How Bonding Curves Work in Crypto (Explained Simply)

By Dum.fun Team · 2026-06-18 · 6 min read

A bonding curve is a simple idea that powers most modern token launches: the price of a token is set by a fixed mathematical formula based on how many tokens have been bought. Buy some, and the price ticks up. Sell some, and it ticks down. No order book, no need to seed your own liquidity.

The core idea

Imagine a curve where the more tokens that are in circulation, the higher the price climbs. The first buyers pay the least; later buyers pay more. Everything is automatic and transparent — the formula is the same for everyone, so there are no hidden insider prices.

Why launchpads love them

  • No seed liquidity needed. The curve itself acts as the market, so creators don't have to put up a big pile of SOL to start trading.
  • Fair pricing from trade one. Everyone trades against the same formula.
  • Instant liquidity. You can buy or sell at any time; the curve always quotes a price.

What 'graduation' means

Bonding curves are great for the early life of a token, but they're not meant to last forever. Once enough has been bought — say, the curve collects a set amount of SOL — the token graduates: its liquidity is moved into a normal decentralized exchange pool (like Raydium) where it trades like any other token. This is the moment a meme coin 'makes it' off the launchpad.

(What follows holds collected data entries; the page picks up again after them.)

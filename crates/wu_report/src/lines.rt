//! The lines of views, each written from the values that it shows.

ghost use Rattle.std.specs.Prelude.{◌≡◌};
ghost use Rattle.wu_report.specs.Texts.{applied_count, bytes_text, counted, failures_line, next_line, number_or_dash, or_dash, pass_word, summary_lines};
ghost use Rattle.wu_report.specs.Writing.{piece_text, Prints};

use crate::output::{Piece, Printed, write_pieces};
use std::io::Write;
use wu_core::{Archived, Bytes, Deadline, Fault, HostClass, Name};
use wu_rules::Pass;
use wu_schema::rows::HostSum;
use wu_views::{HostFailures, ImportLine, ResultLine, StatusLine, Summary, WorkunitLine};

impl Printed for WorkunitLine {
    ghost use Rattle.wu_report.specs.Texts.{workunit_line};

    ghost text = { workunit_line };

    fn write<W: Write>(&self, out: &mut W) -> Result<(), Fault> {
        let params = self.params;
        write_pieces(
            out,
            &[
                Piece::Number(self.number),
                Piece::Text(" "),
                Piece::Text(self.name.as_str()),
                Piece::Text(" input="),
                Piece::Number(self.input),
                Piece::Text(" quorum="),
                Piece::Number(u64::from(params.min_quorum())),
                Piece::Text(" target="),
                Piece::Number(u64::from(params.target_nresults())),
                Piece::Text(" max_error="),
                Piece::Number(u64::from(params.max_error_results())),
                Piece::Text(" max_total="),
                Piece::Number(u64::from(params.max_total_results())),
                Piece::Text(" max_success="),
                Piece::Number(u64::from(params.max_success_results())),
                Piece::Text(" delay="),
                Piece::Number(u64::from(params.delay_bound())),
                Piece::Text(" credit="),
                Piece::Number(u64::from(params.credit())),
                Piece::Text(" mask="),
                Piece::Number(u64::from(self.error_mask.code())),
                Piece::Text(" canonical="),
                Piece::Place(self.canonical),
                Piece::Text(" assimilate="),
                Piece::Text(self.assimilate.word()),
                Piece::Text(" delete="),
                Piece::Text(self.file_delete.word()),
                Piece::Text(" done="),
                Piece::When(self.done_at),
                Piece::Text(" class="),
                Piece::Number(u64::from(self.class)),
                Piece::Text("\n"),
            ],
        )
    }
}

/// Returns the name, or `-`.
fn name_or_dash(name: &Option<Name>) -> Piece<'_>
    ensures { piece_text result ≡ or_dash (λ text. text) name.now }
{
    match name {
        Some(name) => Piece::Text(name.as_str()),
        None => Piece::Text("-"),
    }
}

impl Printed for ResultLine {
    ghost use Rattle.wu_report.specs.Texts.{result_line};

    ghost text = { result_line };

    fn write<W: Write>(&self, out: &mut W) -> Result<(), Fault> {
        write_pieces(
            out,
            &[
                Piece::Text(self.workunit.as_str()),
                Piece::Text("_"),
                Piece::Number(u64::from(self.n)),
                Piece::Text(" "),
                Piece::Text(self.server_state.word()),
                Piece::Text(" "),
                Piece::Text(self.outcome.word()),
                Piece::Text(" "),
                Piece::Text(self.validate_state.word()),
                Piece::Text(" "),
                Piece::Text(self.file_delete.word()),
                Piece::Text(" host="),
                name_or_dash(&self.host),
                Piece::Text(" sent="),
                Piece::When(self.sent_at),
                Piece::Text(" deadline="),
                Piece::Due(self.deadline),
                Piece::Text(" received="),
                Piece::When(self.received_at),
                Piece::Text(" output="),
                Piece::Number(self.output),
                Piece::Text("\n"),
            ],
        )
    }
}

impl Printed for HostSum {
    ghost use Rattle.wu_report.specs.Texts.{host_line};

    ghost text = { host_line };

    fn write<W: Write>(&self, out: &mut W) -> Result<(), Fault> {
        write_pieces(
            out,
            &[
                Piece::Text(self.name.as_str()),
                Piece::Text(" total="),
                Piece::Number(self.total),
                Piece::Text(" grants="),
                Piece::Number(self.grants),
                Piece::Text("\n"),
            ],
        )
    }
}

/// Returns the bytes in hex, or `-` where there are none.
fn hex_or_dash(bytes: &Bytes) -> Piece<'_>
    ensures { piece_text result ≡ bytes_text bytes.now }
{
    if bytes.is_empty() {
        Piece::Text("-")
    } else {
        Piece::Hex(bytes.as_slice())
    }
}

impl Printed for Archived {
    ghost use Rattle.wu_report.specs.Texts.{archived_line};

    ghost text = { archived_line };

    fn write<W: Write>(&self, out: &mut W) -> Result<(), Fault> {
        write_pieces(
            out,
            &[
                Piece::Number(self.number),
                Piece::Text(" "),
                Piece::Text(self.name.as_str()),
                Piece::Text(" mask="),
                Piece::Number(u64::from(self.error_mask.code())),
                Piece::Text(" canonical="),
                Piece::Place(self.canonical),
                Piece::Text(" done="),
                Piece::When(Some(self.done_at)),
                Piece::Text(" output="),
                hex_or_dash(&self.output),
                Piece::Text("\n"),
            ],
        )
    }
}

impl Printed for HostClass {
    ghost use Rattle.wu_report.specs.Texts.{class_line};

    ghost text = { class_line };

    fn write<W: Write>(&self, out: &mut W) -> Result<(), Fault> {
        write_pieces(
            out,
            &[
                Piece::Text(self.host.as_str()),
                Piece::Text(" class="),
                Piece::Number(u64::from(self.class)),
                Piece::Text("\n"),
            ],
        )
    }
}

/// Returns how many rows of a file were applied, by the verdict on each.
pub fn applied_count(verdicts: &[u8]) -> usize
    // It is the number of the verdicts that are 0.
    ensures { result ≡ applied_count verdicts.now }
{
    verdicts.iter().filter(|verdict| **verdict == 0).count()
}

/// Returns the number, or `-` for 0.
pub fn number_or_dash(number: u64) -> Piece<'static>
    // The text is that of the number, and `-` for 0.
    ensures { piece_text result ≡ number_or_dash number }
{
    if number == 0 {
        Piece::Text("-")
    } else {
        Piece::Number(number)
    }
}

impl Printed for ImportLine {
    ghost use Rattle.wu_report.specs.Texts.{import_line};

    ghost text = { import_line };

    fn write<W: Write>(&self, out: &mut W) -> Result<(), Fault> {
        let verdicts = self.verdicts.as_slice();
        let applied = applied_count(verdicts);
        write_pieces(
            out,
            &[
                Piece::Text(self.kind.word()),
                Piece::Text(" "),
                Piece::Text(self.name.as_str()),
                Piece::Text(" rows="),
                Piece::Number(verdicts.len() as u64),
                Piece::Text(" applied="),
                Piece::Number(applied as u64),
                Piece::Text(" skipped="),
                Piece::Number((verdicts.len() - applied) as u64),
                Piece::Text(" first="),
                number_or_dash(self.first_number),
                Piece::Text("\n"),
            ],
        )
    }
}

/// Returns the word of a pass, in its answer and in the view of what waits.
pub fn pass_word(pass: Pass) -> &'static str
    // The word is that of the pass.
    ensures { result.now ≡ pass_word pass }
{
    match pass {
        Pass::Transition => "transition",
        Pass::Validate => "validate",
        Pass::Assimilate => "assimilate",
        Pass::Delete => "delete",
        Pass::Purge => "purge",
    }
}

/// Writes a word and a number, as a line.
pub fn write_counted<W: Write>(out: &mut W, word: &str, number: u64) -> Result<(), Fault>
    // With Ok exactly the line is written. Else the fault is `Output`, and a part of it is missing.
    ensures { Prints W.contents out.old out.new (counted word.now number) result }
{
    write_pieces(
        out,
        &[
            Piece::Text(word),
            Piece::Text(" "),
            Piece::Number(number),
            Piece::Text("\n"),
        ],
    )
}

/// Writes the earliest deadline that is still awaited, as a line.
fn write_next<W: Write>(out: &mut W, deadline: Option<Deadline>) -> Result<(), Fault>
    ensures { Prints W.contents out.old out.new (next_line deadline) result }
{
    write_pieces(
        out,
        &[
            Piece::Text("next_deadline "),
            Piece::Due(deadline),
            Piece::Text("\n"),
        ],
    )
}

/// Writes how many instances of a host ended with an error, and how many without a reply, as a line.
fn write_failures<W: Write>(out: &mut W, host: &HostFailures) -> Result<(), Fault>
    ensures { Prints W.contents out.old out.new (failures_line host.now) result }
{
    write_pieces(
        out,
        &[
            Piece::Text("host "),
            Piece::Text(host.host.as_str()),
            Piece::Text(" errors "),
            Piece::Number(host.errors),
            Piece::Text(" no_reply "),
            Piece::Number(host.no_replies),
            Piece::Text("\n"),
        ],
    )
}

impl Printed for StatusLine {
    ghost use Rattle.wu_report.specs.Texts.{status_line};

    ghost text = { status_line };

    fn write<W: Write>(&self, out: &mut W) -> Result<(), Fault> {
        match self {
            StatusLine::Due(due) => write_counted(out, pass_word(due.pass), due.count),
            StatusLine::Undecided(number) => write_counted(out, "undecided", *number),
            StatusLine::GivenUp(number) => write_counted(out, "given_up", *number),
            StatusLine::Overdue(number) => write_counted(out, "overdue", *number),
            StatusLine::NextDeadline(deadline) => write_next(out, *deadline),
            StatusLine::Host(host) => write_failures(out, host),
        }
    }
}

/// Writes the twelve lines of a summary.
pub fn write_summary<W: Write>(out: &mut W, summary: &Summary) -> Result<(), Fault>
    // With Ok exactly the twelve lines of the summary are written. Else the fault is `Output`, and a
    // part of them is missing.
    ensures { Prints W.contents out.old out.new (summary_lines summary.now) result }
{
    write_pieces(
        out,
        &[
            Piece::Text("version "),
            Piece::Number(summary.version),
            Piece::Text("\nnext "),
            Piece::Number(summary.next_number),
            Piece::Text("\nworkunits "),
            Piece::Number(summary.workunits),
            Piece::Text("\nresults "),
            Piece::Number(summary.results),
            Piece::Text("\nunsent "),
            Piece::Number(summary.unsent),
            Piece::Text("\nin_progress "),
            Piece::Number(summary.in_progress),
            Piece::Text("\nover "),
            Piece::Number(summary.over),
            Piece::Text("\narchived "),
            Piece::Number(summary.archived),
            Piece::Text("\ngrants "),
            Piece::Number(summary.grants),
            Piece::Text("\ncredit "),
            Piece::Number(summary.credit),
            Piece::Text("\nimports "),
            Piece::Number(summary.imports),
            Piece::Text("\nclasses "),
            Piece::Number(summary.classes),
            Piece::Text("\n"),
        ],
    )
}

Want to see it in action? Launch a token and watch its bonding curve fill as people trade.

A note on risk

Because price rises with each buy, early demand can push a token up fast — and the same curve means it can fall just as quickly when people sell. Bonding curves make pricing fair and automatic, but they don't make a token a good investment. Always do your own research.

See bonding curves live — browse tokens currently on their curve. Browse Tokens

Frequently Asked Questions

What is a bonding curve in simple terms?

It's a formula that automatically sets a token's price based on how many have been bought. The price goes up as people buy and down as they sell, with no order book or seed liquidity required.

What happens when a bonding curve fills up?

The token usually graduates — its liquidity migrates to a decentralized exchange like Raydium, where it trades normally from then on.